Несколько человек начали говорить разом, и Нат подождал, пока гул затихнет.

— Да, у банка Рассела обманным путём выманила эти деньги очень умная мошенница, но поскольку именно столько денег банк был должен нашему городскому совету, у банка не было иного выбора, кроме как выплатить городскому совету полную сумму.

— В то время сообщили ли вы в полицию, что деньги украдены? В конце концов, эти деньги принадлежали вкладчикам банка Рассела, а не вам лично, — продолжал человек, задавший вопрос.

— Нет, мы не сообщили в полицию, потому что у нас были основания полагать, что деньги уже переведены за границу и нет никакой возможности их вернуть.

Как только Нат кончил говорить, он понял, что его ответ мало кого удовлетворил.

— Если вы станете губернатором, мистер Картрайт, вы будете обращаться с деньгами налогоплательщиков столь же бесцеремонным образом?

Эллиот немедленно вскочил на ноги.

— Мистер председатель! — закричал он. — Это был бесчестный вопрос и не что иное, как инсинуация и клеветническое обвинение.
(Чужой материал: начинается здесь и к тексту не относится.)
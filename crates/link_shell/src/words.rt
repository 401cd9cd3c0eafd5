// The words of a command.
ghost use Rattle.std.specs.Prelude.{◌≡◌, ◌<◌, [], length, map, nat_le, slice_index_or, string_bytes};
ghost use Rattle.std.specs.List.{list_all};
ghost use Rattle.link_shell.specs.Words.{is_settings_word, is_short_word};

use link_limits::MOST_NAME_BYTES;
use settings::is_output;

/// The most words that a command lists: the words of `keys`, and the levels of `frontier`.
pub(crate) const MOST_LISTED: usize = 100;

// The word at a place.
#[tactic(auto, using(crate::proofs::Laws::word_there))]
pub(crate) fn word_at(words: &[String], at: usize) -> &str
    requires { at < length words.now }
    ensures { result.now ≡ slice_index_or (map string_bytes words.now) at [] }
{
    words[at].as_str()
}

// Whether a word may name a file or a column.
pub(crate) fn is_short(word: &str) -> bool
    ensures { result ≡ is_short_word word.now }
{
    1 <= word.len() && word.len() <= MOST_NAME_BYTES
}

// Whether a word may name a settings file.
pub(crate) fn is_settings(word: &str) -> bool
    ensures { result ≡ is_settings_word word.now }
{
    is_short(word) && !is_output(word)
}

// Whether each word has at most 255 bytes.
pub(crate) fn are_within(words: &[String]) -> bool
    ensures { result ≡ list_all (λ w. nat_le (length w) MOST_NAME_BYTES) (map string_bytes words.now) }
{
    for word in words {
        if word.as_str().len() > MOST_NAME_BYTES {
            return false;
        }
    }
    true
}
Давайте продолжать.

Он сел под громкие аплодисменты, а Нат остался стоять. Он не мог не восхититься наглостью Эллиота, который подстроил провокационный вопрос, а потом пришёл на выручку своему сопернику. Нат подождал тишины.

— Случай, о котором вы упомянули, произошёл больше десяти лет назад. Это была моя ошибка, о которой я сожалею, хотя парадоксальным образом она привела к огромному финансовому успеху, принёсшему прибыль всем инвесторам, потому что три и шесть десятых миллиона, которые банк Рассела вложил в проект «Сидер Вуд», стали благом для жителей Хартфорда, не говоря уже об экономике города.

Человек, задавший вопрос, всё ещё не хотел садиться.

— Несмотря на великодушное замечание мистера Эллиота, могу ли я спросить его, сообщил бы он в полицию о таком незаконном присвоении фондов?

Эллиот медленно поднялся.

— Я предпочёл бы воздержаться от комментариев, не зная подробностей данного конкретного дела, но я готов поверить мистеру Картрайту, что он не совершил никакого преступления и горячо сожалеет о своей ошибке и о том, что он тогда не сообщил об этом обмане соответствующим органам. — Он помедлил. — Однако если я стану губернатором, вы можете быть уверены, что моё правление будет открытым. Если я сделаю ошибку, то признаю её сразу же, а не десять лет спустя.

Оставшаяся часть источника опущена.